*Work task*: What lines of the data below include the word "LocatedNode"? Report them by copying each.
** Available data follows **
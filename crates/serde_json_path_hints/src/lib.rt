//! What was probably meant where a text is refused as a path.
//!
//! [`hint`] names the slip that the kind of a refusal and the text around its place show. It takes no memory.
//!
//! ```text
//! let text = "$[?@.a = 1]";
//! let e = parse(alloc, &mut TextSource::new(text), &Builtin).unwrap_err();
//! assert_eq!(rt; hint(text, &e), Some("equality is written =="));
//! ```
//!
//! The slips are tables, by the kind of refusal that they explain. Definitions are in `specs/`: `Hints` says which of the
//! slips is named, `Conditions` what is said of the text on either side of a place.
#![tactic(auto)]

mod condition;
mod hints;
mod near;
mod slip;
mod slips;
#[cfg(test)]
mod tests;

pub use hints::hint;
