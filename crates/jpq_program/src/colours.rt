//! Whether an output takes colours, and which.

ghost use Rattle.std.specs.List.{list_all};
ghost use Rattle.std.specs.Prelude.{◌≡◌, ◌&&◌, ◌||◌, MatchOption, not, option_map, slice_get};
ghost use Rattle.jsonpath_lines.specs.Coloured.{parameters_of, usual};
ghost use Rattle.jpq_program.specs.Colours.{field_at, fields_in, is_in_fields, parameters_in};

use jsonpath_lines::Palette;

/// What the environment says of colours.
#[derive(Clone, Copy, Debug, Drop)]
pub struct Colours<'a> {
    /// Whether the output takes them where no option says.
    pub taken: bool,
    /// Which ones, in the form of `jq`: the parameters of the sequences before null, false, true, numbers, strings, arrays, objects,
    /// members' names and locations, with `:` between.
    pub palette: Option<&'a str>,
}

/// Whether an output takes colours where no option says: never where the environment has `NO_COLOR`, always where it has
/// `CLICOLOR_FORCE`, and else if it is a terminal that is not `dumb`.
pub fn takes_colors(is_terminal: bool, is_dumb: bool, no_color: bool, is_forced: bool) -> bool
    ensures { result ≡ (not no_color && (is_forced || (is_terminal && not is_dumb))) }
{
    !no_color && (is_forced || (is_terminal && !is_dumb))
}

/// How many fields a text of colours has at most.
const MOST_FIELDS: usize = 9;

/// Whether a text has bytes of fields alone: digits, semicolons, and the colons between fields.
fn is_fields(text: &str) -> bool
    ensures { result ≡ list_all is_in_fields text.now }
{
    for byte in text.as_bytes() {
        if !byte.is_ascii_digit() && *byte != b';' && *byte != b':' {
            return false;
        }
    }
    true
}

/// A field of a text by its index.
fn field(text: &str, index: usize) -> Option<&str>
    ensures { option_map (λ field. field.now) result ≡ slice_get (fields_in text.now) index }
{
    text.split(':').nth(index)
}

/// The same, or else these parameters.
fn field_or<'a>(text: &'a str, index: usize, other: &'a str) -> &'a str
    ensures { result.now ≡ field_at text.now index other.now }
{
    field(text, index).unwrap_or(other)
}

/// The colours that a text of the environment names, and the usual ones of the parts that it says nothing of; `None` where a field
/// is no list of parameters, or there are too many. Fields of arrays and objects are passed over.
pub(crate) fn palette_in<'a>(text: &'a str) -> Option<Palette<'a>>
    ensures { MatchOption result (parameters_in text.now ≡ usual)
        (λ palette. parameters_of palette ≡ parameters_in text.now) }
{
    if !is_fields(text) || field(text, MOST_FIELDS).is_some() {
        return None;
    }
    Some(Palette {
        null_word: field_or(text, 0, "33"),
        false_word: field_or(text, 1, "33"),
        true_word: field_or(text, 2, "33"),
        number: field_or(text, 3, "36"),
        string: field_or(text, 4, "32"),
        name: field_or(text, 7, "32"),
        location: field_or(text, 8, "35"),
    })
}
** End of Available data **
** Available data follows **
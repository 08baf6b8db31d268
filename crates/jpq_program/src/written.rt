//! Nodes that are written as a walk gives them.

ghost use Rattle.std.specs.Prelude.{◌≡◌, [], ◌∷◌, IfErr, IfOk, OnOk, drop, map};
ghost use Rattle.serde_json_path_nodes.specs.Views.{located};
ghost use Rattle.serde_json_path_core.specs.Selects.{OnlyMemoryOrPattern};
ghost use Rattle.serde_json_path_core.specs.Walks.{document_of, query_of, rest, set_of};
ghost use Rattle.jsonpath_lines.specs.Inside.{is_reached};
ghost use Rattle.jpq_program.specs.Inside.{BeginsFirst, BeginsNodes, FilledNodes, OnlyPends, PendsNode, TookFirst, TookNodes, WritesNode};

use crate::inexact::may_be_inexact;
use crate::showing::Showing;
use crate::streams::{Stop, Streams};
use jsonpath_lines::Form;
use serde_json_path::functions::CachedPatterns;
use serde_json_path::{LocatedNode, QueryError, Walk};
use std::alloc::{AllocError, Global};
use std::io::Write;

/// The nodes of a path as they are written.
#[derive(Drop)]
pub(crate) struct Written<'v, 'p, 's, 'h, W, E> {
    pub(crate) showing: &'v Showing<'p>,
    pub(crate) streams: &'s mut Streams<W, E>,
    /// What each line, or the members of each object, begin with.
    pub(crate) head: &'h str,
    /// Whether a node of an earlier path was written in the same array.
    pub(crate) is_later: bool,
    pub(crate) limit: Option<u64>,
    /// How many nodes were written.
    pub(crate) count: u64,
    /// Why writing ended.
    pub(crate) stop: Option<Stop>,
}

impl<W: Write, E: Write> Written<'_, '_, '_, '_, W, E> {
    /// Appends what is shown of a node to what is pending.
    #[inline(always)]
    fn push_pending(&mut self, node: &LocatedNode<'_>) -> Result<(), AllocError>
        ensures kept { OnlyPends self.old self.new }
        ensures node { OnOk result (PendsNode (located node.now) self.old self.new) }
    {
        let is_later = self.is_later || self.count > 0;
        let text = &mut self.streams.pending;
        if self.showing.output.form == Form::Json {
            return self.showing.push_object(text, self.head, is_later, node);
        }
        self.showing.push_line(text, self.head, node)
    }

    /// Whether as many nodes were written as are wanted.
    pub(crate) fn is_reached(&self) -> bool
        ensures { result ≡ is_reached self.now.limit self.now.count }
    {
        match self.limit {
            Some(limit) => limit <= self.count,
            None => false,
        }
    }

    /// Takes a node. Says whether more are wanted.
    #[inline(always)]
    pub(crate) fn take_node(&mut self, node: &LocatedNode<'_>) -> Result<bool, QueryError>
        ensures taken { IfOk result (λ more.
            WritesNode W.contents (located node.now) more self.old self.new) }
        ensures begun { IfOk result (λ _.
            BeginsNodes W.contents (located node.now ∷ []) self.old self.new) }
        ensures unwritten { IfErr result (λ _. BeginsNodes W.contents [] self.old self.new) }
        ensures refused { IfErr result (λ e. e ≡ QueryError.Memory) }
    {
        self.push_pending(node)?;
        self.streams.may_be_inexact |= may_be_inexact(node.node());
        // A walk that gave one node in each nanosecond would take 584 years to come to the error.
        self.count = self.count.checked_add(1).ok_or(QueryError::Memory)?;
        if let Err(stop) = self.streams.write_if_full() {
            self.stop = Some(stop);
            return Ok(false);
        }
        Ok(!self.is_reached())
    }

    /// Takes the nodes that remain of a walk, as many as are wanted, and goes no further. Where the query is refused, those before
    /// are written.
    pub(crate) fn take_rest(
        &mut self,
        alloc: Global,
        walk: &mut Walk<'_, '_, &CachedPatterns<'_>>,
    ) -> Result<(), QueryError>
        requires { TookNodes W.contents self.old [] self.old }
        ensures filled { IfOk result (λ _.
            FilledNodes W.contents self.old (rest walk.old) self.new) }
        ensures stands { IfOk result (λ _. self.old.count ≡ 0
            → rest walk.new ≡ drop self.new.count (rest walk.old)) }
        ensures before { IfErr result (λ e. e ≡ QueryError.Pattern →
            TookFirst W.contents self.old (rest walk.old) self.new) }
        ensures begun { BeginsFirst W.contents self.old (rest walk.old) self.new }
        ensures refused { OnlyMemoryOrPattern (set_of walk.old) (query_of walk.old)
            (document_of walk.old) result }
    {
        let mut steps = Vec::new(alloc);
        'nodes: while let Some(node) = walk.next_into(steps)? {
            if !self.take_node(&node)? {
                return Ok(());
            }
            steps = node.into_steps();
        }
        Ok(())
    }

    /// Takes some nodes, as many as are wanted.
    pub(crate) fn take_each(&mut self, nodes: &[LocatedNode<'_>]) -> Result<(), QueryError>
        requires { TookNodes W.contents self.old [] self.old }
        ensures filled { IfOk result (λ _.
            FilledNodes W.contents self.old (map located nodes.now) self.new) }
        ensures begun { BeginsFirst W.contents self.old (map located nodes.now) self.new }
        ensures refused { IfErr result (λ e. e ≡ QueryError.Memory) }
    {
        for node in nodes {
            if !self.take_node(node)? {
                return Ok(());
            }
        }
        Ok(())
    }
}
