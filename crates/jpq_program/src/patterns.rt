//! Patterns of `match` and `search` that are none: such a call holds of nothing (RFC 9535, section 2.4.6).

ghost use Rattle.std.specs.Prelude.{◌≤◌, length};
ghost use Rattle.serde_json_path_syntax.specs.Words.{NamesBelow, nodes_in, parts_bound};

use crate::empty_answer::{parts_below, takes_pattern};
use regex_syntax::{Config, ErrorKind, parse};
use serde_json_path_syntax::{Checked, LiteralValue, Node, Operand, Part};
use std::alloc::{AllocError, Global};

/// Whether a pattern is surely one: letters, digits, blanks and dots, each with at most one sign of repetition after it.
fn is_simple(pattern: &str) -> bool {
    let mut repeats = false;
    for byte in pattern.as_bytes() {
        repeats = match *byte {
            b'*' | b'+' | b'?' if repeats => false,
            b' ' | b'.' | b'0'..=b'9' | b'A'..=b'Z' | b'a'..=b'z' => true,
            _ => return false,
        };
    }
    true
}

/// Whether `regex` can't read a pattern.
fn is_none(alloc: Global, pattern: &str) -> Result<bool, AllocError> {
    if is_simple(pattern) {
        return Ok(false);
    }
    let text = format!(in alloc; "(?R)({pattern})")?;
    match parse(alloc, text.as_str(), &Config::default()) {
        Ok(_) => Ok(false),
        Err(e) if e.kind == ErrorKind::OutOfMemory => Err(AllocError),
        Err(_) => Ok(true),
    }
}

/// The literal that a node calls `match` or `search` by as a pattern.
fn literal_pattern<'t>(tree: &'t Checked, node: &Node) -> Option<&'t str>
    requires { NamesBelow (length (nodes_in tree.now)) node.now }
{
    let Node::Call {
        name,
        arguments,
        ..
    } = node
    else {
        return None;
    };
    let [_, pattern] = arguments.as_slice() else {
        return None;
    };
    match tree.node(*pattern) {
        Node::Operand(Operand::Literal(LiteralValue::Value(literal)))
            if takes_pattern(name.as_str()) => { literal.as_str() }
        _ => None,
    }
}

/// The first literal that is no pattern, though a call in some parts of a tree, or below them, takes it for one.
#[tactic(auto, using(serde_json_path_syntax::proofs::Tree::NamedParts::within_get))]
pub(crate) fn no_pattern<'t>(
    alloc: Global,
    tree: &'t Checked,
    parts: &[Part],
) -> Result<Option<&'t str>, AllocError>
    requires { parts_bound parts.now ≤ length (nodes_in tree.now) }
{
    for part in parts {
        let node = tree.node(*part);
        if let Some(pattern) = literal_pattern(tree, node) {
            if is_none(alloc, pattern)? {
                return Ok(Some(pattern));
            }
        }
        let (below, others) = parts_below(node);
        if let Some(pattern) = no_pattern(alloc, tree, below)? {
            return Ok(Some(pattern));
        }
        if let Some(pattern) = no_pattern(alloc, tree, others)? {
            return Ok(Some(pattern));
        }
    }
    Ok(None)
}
** End of Available data **
** Available data follows **
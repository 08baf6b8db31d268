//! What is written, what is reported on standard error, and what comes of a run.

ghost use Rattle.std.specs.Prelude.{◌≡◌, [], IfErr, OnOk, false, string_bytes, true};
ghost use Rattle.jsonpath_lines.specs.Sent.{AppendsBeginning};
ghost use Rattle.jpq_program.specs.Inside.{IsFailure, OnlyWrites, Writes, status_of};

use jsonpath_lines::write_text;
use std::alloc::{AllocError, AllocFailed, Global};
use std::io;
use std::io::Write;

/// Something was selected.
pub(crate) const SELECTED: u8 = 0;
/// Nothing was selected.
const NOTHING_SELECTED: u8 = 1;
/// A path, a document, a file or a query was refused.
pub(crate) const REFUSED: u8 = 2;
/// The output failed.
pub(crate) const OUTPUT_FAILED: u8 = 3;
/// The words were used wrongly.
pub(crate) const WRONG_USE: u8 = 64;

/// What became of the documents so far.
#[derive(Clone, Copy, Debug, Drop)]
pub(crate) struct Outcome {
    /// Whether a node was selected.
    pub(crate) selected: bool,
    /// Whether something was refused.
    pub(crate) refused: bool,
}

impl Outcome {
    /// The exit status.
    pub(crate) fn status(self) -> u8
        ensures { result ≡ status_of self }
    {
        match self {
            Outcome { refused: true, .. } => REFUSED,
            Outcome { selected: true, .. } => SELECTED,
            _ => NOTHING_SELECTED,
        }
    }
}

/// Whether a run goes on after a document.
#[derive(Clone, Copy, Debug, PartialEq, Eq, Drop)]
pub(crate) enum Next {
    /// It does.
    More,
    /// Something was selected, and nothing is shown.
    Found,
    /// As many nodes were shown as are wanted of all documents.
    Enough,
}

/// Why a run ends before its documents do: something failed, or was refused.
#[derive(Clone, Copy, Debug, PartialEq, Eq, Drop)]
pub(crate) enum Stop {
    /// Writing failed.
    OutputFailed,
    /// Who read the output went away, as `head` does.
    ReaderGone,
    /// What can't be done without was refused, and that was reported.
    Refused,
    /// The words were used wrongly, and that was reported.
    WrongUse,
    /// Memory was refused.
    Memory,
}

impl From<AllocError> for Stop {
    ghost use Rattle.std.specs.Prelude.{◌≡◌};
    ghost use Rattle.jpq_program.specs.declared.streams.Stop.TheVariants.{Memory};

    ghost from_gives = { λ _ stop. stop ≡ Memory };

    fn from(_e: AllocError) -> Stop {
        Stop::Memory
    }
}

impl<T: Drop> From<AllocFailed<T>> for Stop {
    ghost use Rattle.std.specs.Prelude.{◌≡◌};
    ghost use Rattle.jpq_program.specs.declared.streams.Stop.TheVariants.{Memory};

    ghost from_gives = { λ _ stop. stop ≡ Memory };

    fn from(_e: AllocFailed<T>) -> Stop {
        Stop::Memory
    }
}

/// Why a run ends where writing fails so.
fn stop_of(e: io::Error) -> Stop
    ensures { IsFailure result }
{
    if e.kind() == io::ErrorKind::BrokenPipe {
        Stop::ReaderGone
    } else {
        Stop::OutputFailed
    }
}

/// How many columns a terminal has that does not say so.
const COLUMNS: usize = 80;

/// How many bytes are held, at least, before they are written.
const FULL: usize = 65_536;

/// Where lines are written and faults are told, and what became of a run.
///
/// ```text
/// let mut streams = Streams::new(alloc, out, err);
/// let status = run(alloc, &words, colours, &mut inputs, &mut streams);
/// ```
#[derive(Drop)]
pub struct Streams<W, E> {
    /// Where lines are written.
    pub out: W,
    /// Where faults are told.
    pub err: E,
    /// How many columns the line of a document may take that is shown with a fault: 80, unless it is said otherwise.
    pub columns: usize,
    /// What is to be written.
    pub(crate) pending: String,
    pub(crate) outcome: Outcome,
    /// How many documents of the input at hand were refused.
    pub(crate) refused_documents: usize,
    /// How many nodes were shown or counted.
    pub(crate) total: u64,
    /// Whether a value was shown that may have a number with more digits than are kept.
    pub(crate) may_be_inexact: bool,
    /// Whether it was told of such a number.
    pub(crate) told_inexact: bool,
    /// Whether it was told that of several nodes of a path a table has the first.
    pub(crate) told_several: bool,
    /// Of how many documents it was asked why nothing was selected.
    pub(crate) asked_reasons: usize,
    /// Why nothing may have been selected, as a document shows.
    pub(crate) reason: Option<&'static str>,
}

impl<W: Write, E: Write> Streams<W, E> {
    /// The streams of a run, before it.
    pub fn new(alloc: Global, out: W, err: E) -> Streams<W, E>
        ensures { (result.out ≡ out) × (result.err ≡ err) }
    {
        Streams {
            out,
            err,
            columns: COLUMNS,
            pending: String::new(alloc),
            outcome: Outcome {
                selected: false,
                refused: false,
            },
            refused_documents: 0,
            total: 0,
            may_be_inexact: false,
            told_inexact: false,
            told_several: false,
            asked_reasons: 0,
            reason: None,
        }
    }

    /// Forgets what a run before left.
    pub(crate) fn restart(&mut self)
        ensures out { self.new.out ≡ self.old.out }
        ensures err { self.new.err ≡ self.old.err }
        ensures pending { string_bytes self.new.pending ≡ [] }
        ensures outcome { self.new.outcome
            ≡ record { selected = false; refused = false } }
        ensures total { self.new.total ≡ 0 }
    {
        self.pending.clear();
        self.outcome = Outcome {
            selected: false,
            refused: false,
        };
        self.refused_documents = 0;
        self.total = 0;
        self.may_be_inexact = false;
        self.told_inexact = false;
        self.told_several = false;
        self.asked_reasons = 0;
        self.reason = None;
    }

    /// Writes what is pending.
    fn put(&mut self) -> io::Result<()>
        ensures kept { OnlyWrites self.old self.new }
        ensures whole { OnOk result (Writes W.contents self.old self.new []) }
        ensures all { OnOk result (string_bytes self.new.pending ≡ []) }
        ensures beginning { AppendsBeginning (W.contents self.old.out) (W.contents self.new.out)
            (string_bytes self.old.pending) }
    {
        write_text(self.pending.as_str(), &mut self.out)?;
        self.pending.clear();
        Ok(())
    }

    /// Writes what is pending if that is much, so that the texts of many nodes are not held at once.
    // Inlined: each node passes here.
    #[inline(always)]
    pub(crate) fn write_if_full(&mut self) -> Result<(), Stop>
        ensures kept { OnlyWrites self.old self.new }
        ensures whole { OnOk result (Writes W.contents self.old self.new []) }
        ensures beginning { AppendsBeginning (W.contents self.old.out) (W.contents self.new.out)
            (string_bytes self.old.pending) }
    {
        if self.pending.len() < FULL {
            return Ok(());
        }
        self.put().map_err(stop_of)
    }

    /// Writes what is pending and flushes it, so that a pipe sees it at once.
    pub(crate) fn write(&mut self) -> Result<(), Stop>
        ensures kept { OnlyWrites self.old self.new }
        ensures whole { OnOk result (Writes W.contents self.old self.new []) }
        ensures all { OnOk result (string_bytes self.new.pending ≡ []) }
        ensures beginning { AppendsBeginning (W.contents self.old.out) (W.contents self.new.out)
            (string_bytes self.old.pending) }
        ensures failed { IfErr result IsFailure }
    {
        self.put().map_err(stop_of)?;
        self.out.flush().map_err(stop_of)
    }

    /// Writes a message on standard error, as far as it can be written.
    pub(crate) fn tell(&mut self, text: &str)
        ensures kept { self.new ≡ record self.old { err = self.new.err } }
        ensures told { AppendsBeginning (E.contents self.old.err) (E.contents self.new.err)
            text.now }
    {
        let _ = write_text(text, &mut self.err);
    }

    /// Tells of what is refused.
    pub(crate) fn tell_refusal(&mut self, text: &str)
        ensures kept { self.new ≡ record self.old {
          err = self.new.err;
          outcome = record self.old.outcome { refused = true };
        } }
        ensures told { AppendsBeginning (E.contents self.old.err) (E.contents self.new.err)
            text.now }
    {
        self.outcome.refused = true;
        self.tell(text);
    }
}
** End of Available data **
*Answer to this problem*:
use serde_json_path::{LocatedNode, QueryError, Walk};
    fn push_pending(&mut self, node: &LocatedNode<'_>) -> Result<(), AllocError>
    pub(crate) fn take_node(&mut self, node: &LocatedNode<'_>) -> Result<bool, QueryError>
    pub(crate) fn take_each(&mut self, nodes: &[LocatedNode<'_>]) -> Result<(), QueryError>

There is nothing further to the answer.